TRY IT: Of the entries below, return exactly those lines that fall between the one containing "filename crates/bench_nodes/src/cells/pass_calls.rt" and the one containing "use crate::nodes::new_cell;", the two end lines included.

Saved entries
==*==

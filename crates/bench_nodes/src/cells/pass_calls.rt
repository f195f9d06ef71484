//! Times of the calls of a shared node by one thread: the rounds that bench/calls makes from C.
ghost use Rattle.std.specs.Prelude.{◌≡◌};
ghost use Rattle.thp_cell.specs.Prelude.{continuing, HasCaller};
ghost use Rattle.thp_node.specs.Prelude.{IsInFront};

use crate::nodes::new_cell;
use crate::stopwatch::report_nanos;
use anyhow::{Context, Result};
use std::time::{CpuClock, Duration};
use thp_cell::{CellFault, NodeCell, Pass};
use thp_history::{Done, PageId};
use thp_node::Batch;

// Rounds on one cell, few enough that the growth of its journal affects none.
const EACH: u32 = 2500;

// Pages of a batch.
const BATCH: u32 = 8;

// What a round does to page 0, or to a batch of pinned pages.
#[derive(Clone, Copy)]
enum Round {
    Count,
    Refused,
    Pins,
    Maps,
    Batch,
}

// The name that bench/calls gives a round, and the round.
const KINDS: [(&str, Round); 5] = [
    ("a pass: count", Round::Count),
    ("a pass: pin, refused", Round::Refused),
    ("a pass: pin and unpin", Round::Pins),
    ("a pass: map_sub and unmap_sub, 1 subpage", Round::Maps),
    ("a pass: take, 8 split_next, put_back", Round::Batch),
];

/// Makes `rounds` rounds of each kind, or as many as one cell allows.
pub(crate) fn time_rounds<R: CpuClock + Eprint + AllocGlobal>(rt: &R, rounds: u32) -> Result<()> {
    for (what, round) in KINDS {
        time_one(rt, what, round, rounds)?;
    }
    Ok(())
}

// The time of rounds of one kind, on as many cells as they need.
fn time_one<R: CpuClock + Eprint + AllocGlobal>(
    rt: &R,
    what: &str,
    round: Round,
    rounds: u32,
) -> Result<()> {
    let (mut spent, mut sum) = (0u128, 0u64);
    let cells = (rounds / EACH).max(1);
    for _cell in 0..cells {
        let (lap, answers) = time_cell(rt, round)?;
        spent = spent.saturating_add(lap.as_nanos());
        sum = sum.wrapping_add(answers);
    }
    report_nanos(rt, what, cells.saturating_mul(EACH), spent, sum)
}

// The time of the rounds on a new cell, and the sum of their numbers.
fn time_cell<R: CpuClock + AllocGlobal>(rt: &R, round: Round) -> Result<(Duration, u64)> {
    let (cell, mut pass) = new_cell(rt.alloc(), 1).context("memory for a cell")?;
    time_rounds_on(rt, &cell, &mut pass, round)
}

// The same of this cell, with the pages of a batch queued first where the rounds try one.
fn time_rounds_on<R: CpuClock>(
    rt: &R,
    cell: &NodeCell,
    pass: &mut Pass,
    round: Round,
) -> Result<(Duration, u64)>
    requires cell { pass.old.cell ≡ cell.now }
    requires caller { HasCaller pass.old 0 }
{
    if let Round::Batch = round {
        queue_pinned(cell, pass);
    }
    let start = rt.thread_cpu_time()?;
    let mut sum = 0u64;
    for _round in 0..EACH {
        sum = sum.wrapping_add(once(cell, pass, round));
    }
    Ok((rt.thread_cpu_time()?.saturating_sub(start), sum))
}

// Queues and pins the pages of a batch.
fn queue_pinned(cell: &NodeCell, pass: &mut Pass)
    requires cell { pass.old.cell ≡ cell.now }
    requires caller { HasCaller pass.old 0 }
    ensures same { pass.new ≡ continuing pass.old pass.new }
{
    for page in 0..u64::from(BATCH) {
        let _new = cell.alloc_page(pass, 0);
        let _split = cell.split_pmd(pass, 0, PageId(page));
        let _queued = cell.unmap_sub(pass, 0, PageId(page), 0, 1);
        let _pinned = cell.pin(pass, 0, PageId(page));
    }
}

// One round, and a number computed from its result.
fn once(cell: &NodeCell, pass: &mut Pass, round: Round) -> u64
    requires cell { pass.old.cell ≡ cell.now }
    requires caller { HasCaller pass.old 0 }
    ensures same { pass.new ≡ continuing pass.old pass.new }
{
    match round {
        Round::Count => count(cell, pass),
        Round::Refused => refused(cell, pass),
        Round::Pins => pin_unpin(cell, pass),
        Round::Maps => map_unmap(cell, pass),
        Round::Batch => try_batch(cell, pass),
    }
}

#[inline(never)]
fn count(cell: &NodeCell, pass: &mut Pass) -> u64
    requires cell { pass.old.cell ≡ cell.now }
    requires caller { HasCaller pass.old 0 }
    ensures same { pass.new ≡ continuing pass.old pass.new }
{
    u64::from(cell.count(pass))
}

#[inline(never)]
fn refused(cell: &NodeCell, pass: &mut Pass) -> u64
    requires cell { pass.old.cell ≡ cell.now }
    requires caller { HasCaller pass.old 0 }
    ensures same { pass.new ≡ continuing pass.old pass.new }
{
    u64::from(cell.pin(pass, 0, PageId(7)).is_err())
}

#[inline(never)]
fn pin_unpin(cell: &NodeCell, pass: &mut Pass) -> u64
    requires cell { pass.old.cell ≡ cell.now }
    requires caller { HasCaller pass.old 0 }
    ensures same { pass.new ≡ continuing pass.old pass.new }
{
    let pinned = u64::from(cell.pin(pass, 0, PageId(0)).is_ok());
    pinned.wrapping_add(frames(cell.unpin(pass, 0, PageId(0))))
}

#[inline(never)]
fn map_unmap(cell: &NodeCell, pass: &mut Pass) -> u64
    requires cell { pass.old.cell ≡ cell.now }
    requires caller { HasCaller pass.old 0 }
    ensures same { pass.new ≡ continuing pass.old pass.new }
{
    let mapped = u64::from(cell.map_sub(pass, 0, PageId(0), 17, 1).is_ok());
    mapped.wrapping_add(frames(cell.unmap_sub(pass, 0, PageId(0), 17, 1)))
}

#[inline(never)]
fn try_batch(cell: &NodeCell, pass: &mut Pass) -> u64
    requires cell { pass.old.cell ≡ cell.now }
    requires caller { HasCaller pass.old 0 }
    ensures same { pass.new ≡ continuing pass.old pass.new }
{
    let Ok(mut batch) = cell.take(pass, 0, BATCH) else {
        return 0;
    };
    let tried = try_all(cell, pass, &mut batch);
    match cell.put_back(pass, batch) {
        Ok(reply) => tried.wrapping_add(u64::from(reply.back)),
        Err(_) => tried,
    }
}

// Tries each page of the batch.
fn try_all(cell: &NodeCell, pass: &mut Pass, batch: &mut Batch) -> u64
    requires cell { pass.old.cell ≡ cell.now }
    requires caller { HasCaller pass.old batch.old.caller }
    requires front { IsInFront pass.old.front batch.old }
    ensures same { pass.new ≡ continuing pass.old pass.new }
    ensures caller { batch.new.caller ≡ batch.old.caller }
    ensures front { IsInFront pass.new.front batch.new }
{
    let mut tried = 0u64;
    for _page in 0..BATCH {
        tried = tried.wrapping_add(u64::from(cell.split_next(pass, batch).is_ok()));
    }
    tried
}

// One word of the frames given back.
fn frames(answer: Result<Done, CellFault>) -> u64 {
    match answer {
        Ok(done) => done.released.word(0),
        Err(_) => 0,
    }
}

==*==

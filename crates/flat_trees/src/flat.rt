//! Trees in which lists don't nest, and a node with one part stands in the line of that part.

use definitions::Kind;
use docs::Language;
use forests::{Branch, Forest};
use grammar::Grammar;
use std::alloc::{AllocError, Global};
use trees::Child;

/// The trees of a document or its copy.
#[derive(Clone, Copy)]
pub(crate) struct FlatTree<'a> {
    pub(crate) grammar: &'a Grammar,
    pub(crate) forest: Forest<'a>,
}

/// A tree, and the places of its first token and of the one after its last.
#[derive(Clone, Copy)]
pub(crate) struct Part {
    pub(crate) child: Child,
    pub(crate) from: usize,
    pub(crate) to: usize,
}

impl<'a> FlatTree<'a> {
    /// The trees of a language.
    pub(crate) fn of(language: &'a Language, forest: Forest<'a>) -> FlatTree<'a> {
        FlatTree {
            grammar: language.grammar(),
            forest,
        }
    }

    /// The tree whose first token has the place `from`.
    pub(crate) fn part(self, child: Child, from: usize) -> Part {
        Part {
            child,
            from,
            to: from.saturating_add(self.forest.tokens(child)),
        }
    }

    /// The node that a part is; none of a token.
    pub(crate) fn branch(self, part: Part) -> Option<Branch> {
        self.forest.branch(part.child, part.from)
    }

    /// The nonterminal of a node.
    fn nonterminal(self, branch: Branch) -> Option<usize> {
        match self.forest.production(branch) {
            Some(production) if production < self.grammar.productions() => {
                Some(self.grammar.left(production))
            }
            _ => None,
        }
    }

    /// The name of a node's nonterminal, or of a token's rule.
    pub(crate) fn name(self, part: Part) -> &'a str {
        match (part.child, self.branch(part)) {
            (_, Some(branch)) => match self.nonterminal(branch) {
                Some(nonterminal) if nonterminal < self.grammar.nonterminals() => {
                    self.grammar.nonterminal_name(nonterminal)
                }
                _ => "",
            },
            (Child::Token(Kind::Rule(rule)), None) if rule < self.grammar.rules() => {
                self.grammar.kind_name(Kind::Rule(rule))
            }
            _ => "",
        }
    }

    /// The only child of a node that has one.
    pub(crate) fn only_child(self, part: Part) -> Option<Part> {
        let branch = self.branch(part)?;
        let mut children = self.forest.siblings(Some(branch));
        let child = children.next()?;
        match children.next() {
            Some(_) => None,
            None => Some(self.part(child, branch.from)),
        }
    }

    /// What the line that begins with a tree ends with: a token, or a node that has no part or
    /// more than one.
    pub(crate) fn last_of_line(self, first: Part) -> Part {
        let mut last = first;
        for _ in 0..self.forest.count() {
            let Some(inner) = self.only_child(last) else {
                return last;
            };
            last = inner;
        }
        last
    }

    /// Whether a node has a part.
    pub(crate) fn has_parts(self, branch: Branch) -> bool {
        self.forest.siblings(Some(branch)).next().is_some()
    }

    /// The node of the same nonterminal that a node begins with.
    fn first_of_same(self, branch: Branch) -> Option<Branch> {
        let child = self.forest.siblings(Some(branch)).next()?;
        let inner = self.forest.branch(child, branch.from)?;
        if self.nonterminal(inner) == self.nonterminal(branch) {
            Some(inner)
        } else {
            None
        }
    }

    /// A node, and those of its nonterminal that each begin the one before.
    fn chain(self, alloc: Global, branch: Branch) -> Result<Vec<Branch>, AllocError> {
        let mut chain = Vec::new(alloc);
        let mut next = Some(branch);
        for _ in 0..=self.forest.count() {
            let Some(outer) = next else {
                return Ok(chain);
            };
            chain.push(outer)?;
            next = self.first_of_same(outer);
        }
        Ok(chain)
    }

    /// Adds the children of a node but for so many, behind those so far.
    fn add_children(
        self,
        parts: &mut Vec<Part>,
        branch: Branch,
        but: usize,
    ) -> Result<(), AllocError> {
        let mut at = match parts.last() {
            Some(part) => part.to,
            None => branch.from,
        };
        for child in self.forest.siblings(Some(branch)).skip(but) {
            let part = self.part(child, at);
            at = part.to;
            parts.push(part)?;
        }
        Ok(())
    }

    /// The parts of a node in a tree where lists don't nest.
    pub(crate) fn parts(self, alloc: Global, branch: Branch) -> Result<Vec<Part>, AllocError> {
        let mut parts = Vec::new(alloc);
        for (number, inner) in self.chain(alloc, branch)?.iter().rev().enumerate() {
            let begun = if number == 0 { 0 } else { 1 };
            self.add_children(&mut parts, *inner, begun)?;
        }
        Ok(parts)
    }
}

==*==

WRITTEN RESPONSE:
filename crates/bench_nodes/src/cells/pass_calls.rt
repository f195f9d06ef71484
//! Times of the calls of a shared node by one thread: the rounds that bench/calls makes from C.
ghost use Rattle.std.specs.Prelude.{◌≡◌};
ghost use Rattle.thp_cell.specs.Prelude.{continuing, HasCaller};
ghost use Rattle.thp_node.specs.Prelude.{IsInFront};

use crate::nodes::new_cell;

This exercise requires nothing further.